What if you feel as though you are shouting into the void?
“Come on now…” my inner voice went on. “Do you truly think if you are not selling lots of books or subscriptions that you are shouting into the void? Isn’t that what ‘they’ want you to believe? Isn’t that part of the problem—that ‘they’ tell you art is only worthwhile if you are making money from it? Isn’t it, instead, an act of resistance to keep making art even when it’s not lucrative?
While faceless economic entities seek to commodify people for profit, artists making art regardless of the outcome are resisting that devaluation, rejecting the endless lies that people are merely “resources” or “capital.” We are more than the amount of money we make, and the cut corporations can take for themselves.

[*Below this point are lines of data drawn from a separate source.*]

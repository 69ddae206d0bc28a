// The status of a camera, what a line begins with, and how the file of a clip is called.

use crate::calendar::civil_time_of;
use crate::choices::WhenFull;
use std::io;
use std::io::Write;

/// The status of a camera.
#[derive(Clone, Copy, Debug, PartialEq, Eq)]
pub struct CameraStatus<'a> {
    /// How many frames were stored since its store was made.
    pub stored: u64,
    /// How many came and were given up, since the program began.
    pub given_up: u64,
    /// How many wait at the desk.
    pub waiting: u64,
    /// The duration of the frames that came and aren't stored, in microseconds.
    pub behind: u64,
    /// How many blocks may still be locked.
    pub room: u64,
    /// How many may be locked in all.
    pub blocks: u64,
    /// How many more keeps of the camera's own seconds have room, if that is known.
    pub keeps: Option<u64>,
    /// How often its store was opened again, or couldn't be.
    pub faults: u64,
    /// The state of its source, in words.
    pub source: &'a str,
    /// How many gaps its source's times had, if it says times.
    pub gaps: Option<u64>,
    /// How many frames its source lost, since the program began.
    pub lost: u64,
    /// How many of these were judged by time.
    pub estimated: u64,
    /// How many microseconds its source's clock is ahead, if that is known.
    pub clock: Option<i64>,
    /// What is done once no further block may be locked.
    pub when_full: WhenFull,
}

/// How far a camera's stores are open, where it has several.
#[derive(Clone, Copy, Debug, PartialEq, Eq)]
pub struct StoresStatus {
    /// How many are open.
    pub open: u64,
    /// How many there are to be.
    pub wanted: u64,
    /// The duration of the frames that those that are open hold, in microseconds.
    pub held: u64,
}

/// What each line begins with: the time of day, in UTC with milliseconds, and a label, if there are any.
pub(crate) fn print_head<W: Write>(
    out: &mut W,
    time: Option<u64>,
    label: Option<&str>,
) -> io::Result<()> {
    if let Some(micros) = time {
        print_time(out, micros)?;
        write!(out, " ")?;
    }
    match label {
        Some(label) => write!(out, "@{label} "),
        None => Ok(()),
    }
}

// A time in microseconds since 1970, as `2026-11-22T15:38:00.123Z`.
fn print_time<W: Write>(out: &mut W, micros: u64) -> io::Result<()> {
    let at = civil_time_of(micros);
    let (year, month, day) = (at.year, at.month, at.day);
    let (hour, minute, second) = (at.hour, at.minute, at.second);
    let milli = at.micro / 1_000;
    write!(
        out,
        "{year:04}-{month:02}-{day:02}T{hour:02}:{minute:02}:{second:02}.{milli:03}Z"
    )
}

/// The path of the file that a clip is saved to by itself, `FOLDER/NAME_2026-11-22T15-38-00Z_ID.y4m`. The time is that
/// of its first frame. A further clip of that name has `ID-2` and so on in place of `ID`.
pub fn print_clip_path<W: Write>(
    out: &mut W,
    folder: &str,
    camera: &str,
    micros: u64,
    id: u32,
    place: u32,
) -> io::Result<()> {
    let at = civil_time_of(micros);
    let (year, month, day) = (at.year, at.month, at.day);
    let (hour, minute, second) = (at.hour, at.minute, at.second);
    write!(
        out,
        "{folder}/{camera}_{year:04}-{month:02}-{day:02}T{hour:02}-{minute:02}-{second:02}Z_{id}"
    )?;
    if place > 1 {
        write!(out, "-{place}")?;
    }
    write!(out, ".y4m")
}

If you, too, only value your art-making based on the amount of money the end product earns, you have done their work for them.”
So. Yes, money—yes, if we make enough at our writing or art, we could stop making our living doing something else we might not enjoy. This is not a frivolous hope.
But in an oversaturated market, in which the sheer volume of “product” has increased exponentially with little (or an ignorant) regard for the craft, quality or provenance of the effort put into it, aspiring writers must face the reality that their voices may be drowned out by the din. And they must seek a more fundamental reason to keep practicing their art anyway.
This is not the territory of formulas or tropes, of neat diagrams and story maps. Nor is it a path to success, fame, or wealth. The sum of our value is not calculated by a public casting dollars like votes—consumption is only one part of this process, and perhaps the least significant.
I am saying to you that the experience of making art is itself nourishment. Making art feeds you. It nurtures you. Making art embraces fear, uncertainty, and ambiguity, and in the endeavor, strengthens and empowers the maker.
Every question is a search for clarity. Every reflection is a moment of genuine curiosity and an attempt to answer it. You peer deeply into the unknown, grasp meaning from unmanifested potentials, and try to make them real and known.
You have seen it, even if no one else does. You are never shouting into the void; you are listening to the very real voice of the universe, and offering your response to it in communion.
Making art is a profound practice of meditation and manifesting, an exploration of ourselves and the cosmos. Far from being small and insignificant, we are important, momentous expressions of a living world. It is our purpose to illuminate both the material and the intangible aspects of our existence.
Making art is the real banquet in all of this. Let’s dig in.







I enjoyed this Troy. Perhaps it’s because I’m not chasing a dream of publication but instead simply writing to figure things out for myself, and from that perspective this actually makes all the sense in the world.
This was beautiful, Troy. I have to say, it's been so moving to watch your journey the last few years. When we met, you were hiding your talent away, afraid to put yourself out there. You were one of the first writers on Substack to give me a chance, to read my book. And you were so genuine and supportive with your feedback. I will never forget that. Thank you for sharing this prayer. I don't think artists can hear it enough. I'm preordering Waterspout today! Can't wait to read it.